University of Nebraska-Lincoln engineer Benjamin Terry and his colleagues have earned a $1.3 million grant to advance technology that administers life-saving oxygen to patients suffering from traumatic injury.
Headed by the National Strategic Research Institute at the University of Nebraska, the project will refine a technique that uses tiny bubbles to mimic the alveoli of the human lung by releasing oxygen while removing carbon dioxide.
Envisioned as emergency treatment for those whose lungs have stopped functioning after severe injury, microbubble oxygenation could raise blood-oxygen levels long enough to help patients survive transport from remote environments, the researchers said.
“Our system transforms the abdomen into a third lung, so to speak,” said Terry, assistant professor of mechanical and materials engineering. “Through a method of pumping and delivering oxygen microbubbles into the abdomen while removing dangerous carbon dioxide, the process delivers life-sustaining oxygen to the body’s core, which is then circulated to the brain and other vital organs.”
Terry will lead the design and development of a device that can deliver the oxygenated microbubbles to patients whose lungs are damaged beyond the use of traditional ventilation. This could prove especially important in scenarios involving weapons of mass destruction, Terry said.

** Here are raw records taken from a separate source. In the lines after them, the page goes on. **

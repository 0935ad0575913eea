// How much room for debts the connections of each peer have, over both feeders.
ghost use Rattle.std.specs.Prelude.{◌<◌, length};

use crate::{Naming, Post};
use disk_model::Disk;
use std::sync::atomic::Ordering;

impl<D: Disk, N: Naming> Post<D, N> {
    /// Counts the room of a connection that is to be opened, if the peer is owed more debts than its counted
    /// connections have room for, or if its connections are failing. Returns whether it was counted; `None` if the
    /// peer's front is in use. This is decided under the front's lock, so that two feeders do not both take the last
    /// room.
    pub fn try_take_room(&self, peer: usize, room: u64) -> Option<bool>
        requires { peer < length self.now.names }
    {
        let desk = self.free_front(peer)?;
        let owed = desk.totals().owed;
        let at = &self.peers[peer];
        let is_wanted = at.room.load(Ordering::SeqCst) < owed;
        if !is_wanted && !at.is_failing.load(Ordering::SeqCst) {
            return Some(false);
        }
        let _ = at
            .room
            .fetch_update(Ordering::SeqCst, Ordering::SeqCst, |counted| {
                Some(counted.saturating_add(room))
            });
        Some(true)
    }

    /// This much room of a peer's connections is no longer counted. The count never falls below 0.
    pub fn give_room(&self, peer: usize, room: u64)
        requires { peer < length self.now.names }
    {
        let counted = &self.peers[peer].room;
        let _ = counted.fetch_update(Ordering::SeqCst, Ordering::SeqCst, |counted| {
            Some(counted.saturating_sub(room))
        });
    }

    /// A connection of the peer failed, or one agreed to a mode. While a peer's connections are failing, any room that
    /// is asked for is counted, so that all its slots are tried at once: a dead host costs one wait, and not one for
    /// each slot.
    pub fn set_failing(&self, peer: usize, is_failing: bool)
        requires { peer < length self.now.names }
    {
        self.peers[peer]
            .is_failing
            .store(is_failing, Ordering::SeqCst);
    }
}
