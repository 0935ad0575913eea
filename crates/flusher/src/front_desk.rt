// What a front's lock keeps.
ghost use Rattle.std.specs.Prelude.{◌≡◌, ◌+◌};
ghost use Rattle.flusher.specs.Names.{IsTableAt};
ghost use Rattle.note_queue.specs.Words.{front_of, sending};
ghost use Rattle.peer_queue.specs.Front.{front_shape};

use crate::fault::TakeFault;
use crate::naming::{
    AnsweredAtStations, DroppedAtStations, DroppedByFeeders, TakenAtStations, TakenByIntake,
};
use crate::read_ahead::ReadAhead;
use crate::sealing::Settlement;
use crate::share::FeederShare;
use crate::tally::{Books, Tally};
use crate::tape_desk::{Flush, ReadDebts};
use crate::{Naming, Reported};
use conn_core::{CxnId, Outcome};
use crossbeam_queue::RuledArrayQueue;
use funnel::FunnelLine;
use ledger_core::{Debt, Key, Note, Totals};
use note_queue::{PassLog, Relays, Sender};
use peer_queue::{Owed, Settled, Shed, StationFault};
use recovery::PENDING_MAX_NOTES;
use std::alloc::AllocError;
use std::marker::PhantomData;
use std::sync::ledger::Share;
use std::sync::{Mutex, MutexGuard, Wait};

/// A front with the pass by which it sends.
#[derive(Drop)]
pub struct FrontSeat<N: Naming> {
    // Its place among the peers.
    pub(crate) place: usize,
    pub(crate) sender: Sender,
    pub(crate) of: PhantomData<N>,
    ghost tied: { IsTableAt N.names.tables place (sending sender).table_id },
}

/// A front, and its shares of what the stations have counted.
#[derive(Drop)]
pub struct FrontDesk<N: Naming> {
    pub(crate) seat: FrontSeat<N>,
    pub(crate) taken: Share<TakenAtStations<N>>,
    pub(crate) answered: Share<AnsweredAtStations<N>>,
    pub(crate) dropped: Share<DroppedAtStations<N>>,
    // What its tape counted when it was last flushed, rewritten or opened successfully.
    pub(crate) acknowledged: Totals,
    // A flush or a rotation has failed since.
    pub(crate) has_failed: bool,
    // Debts that were read from its tape before they were claimed.
    pub(crate) ahead: ReadAhead,
    // Each share is exactly one part of its token ledger.
    ghost one_part: { (taken.parts ≡ 1) × (answered.parts ≡ 1) × (dropped.parts ≡ 1) },
    ghost counted: { (taken.amount ≡ (front_shape (front_of seat.sender)).taken)
        × (answered.amount ≡ (front_shape (front_of seat.sender)).answered)
        × (dropped.amount ≡ (front_shape (front_of seat.sender)).dropped) },
    ghost sum: { acknowledged.taken ≡ acknowledged.owed + acknowledged.answered + acknowledged.dropped },
}
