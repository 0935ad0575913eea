// What has to be durable besides the tapes before lines are acknowledged.
ghost use Rattle.std.specs.Prelude.{◌≡◌, IfOk};

use crate::sealing::{SyncedLine, TakenLine};
use log::Log;
use std::sync::Wait;

/// Makes the articles durable that lines name, if another program keeps them.
pub trait ArticleSync {
    /// Makes the articles durable that are named by the lines which were taken up to `last`. Each flush that may
    /// acknowledge lines calls it, once it has read up to which line.
    ///
    /// # Errors
    /// `Unsynced` if an article may not be durable, and from then on: no further line is acknowledged. The value itself
    /// has the reason.
    fn sync<R: Wait>(&mut self, rt: &R, last: TakenLine) -> Result<SyncedLine, Unsynced>
        ensures { IfOk result (λ synced. synced.number ≡ last.number) };

    /// Logs why an article may not be durable, if that is so and was not logged yet.
    fn tell<R: Log>(&mut self, rt: &R);
}

/// An article may not be durable.
#[derive(Clone, Copy, Debug, PartialEq, Eq)]
pub struct Unsynced;

/// Leaves the articles to whoever keeps them.
#[derive(Clone, Copy, Drop)]
pub struct NoSync;

impl ArticleSync for NoSync {
    fn sync<R: Wait>(&mut self, _rt: &R, last: TakenLine) -> Result<SyncedLine, Unsynced> {
        Ok(SyncedLine::of(last))
    }

    fn tell<R: Log>(&mut self, _rt: &R) {}
}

“The current en-route care system of transporting patients has high survival rates, but unique scenarios could severely stress the system in the event of mass casualties,” he said. “In the event of WMD attack, there is a high probability that the current transportation system would be overwhelmed.”
The University of Colorado Boulder’s Mark Borden, who pioneered the approach, will establish a process for manufacturing the microbubbles on a large scale. Meanwhile, a team at the University of Nebraska Medical Center will construct injury models suitable for testing Terry’s delivery system.
The team will receive funding from the Office of the Air Force Surgeon General.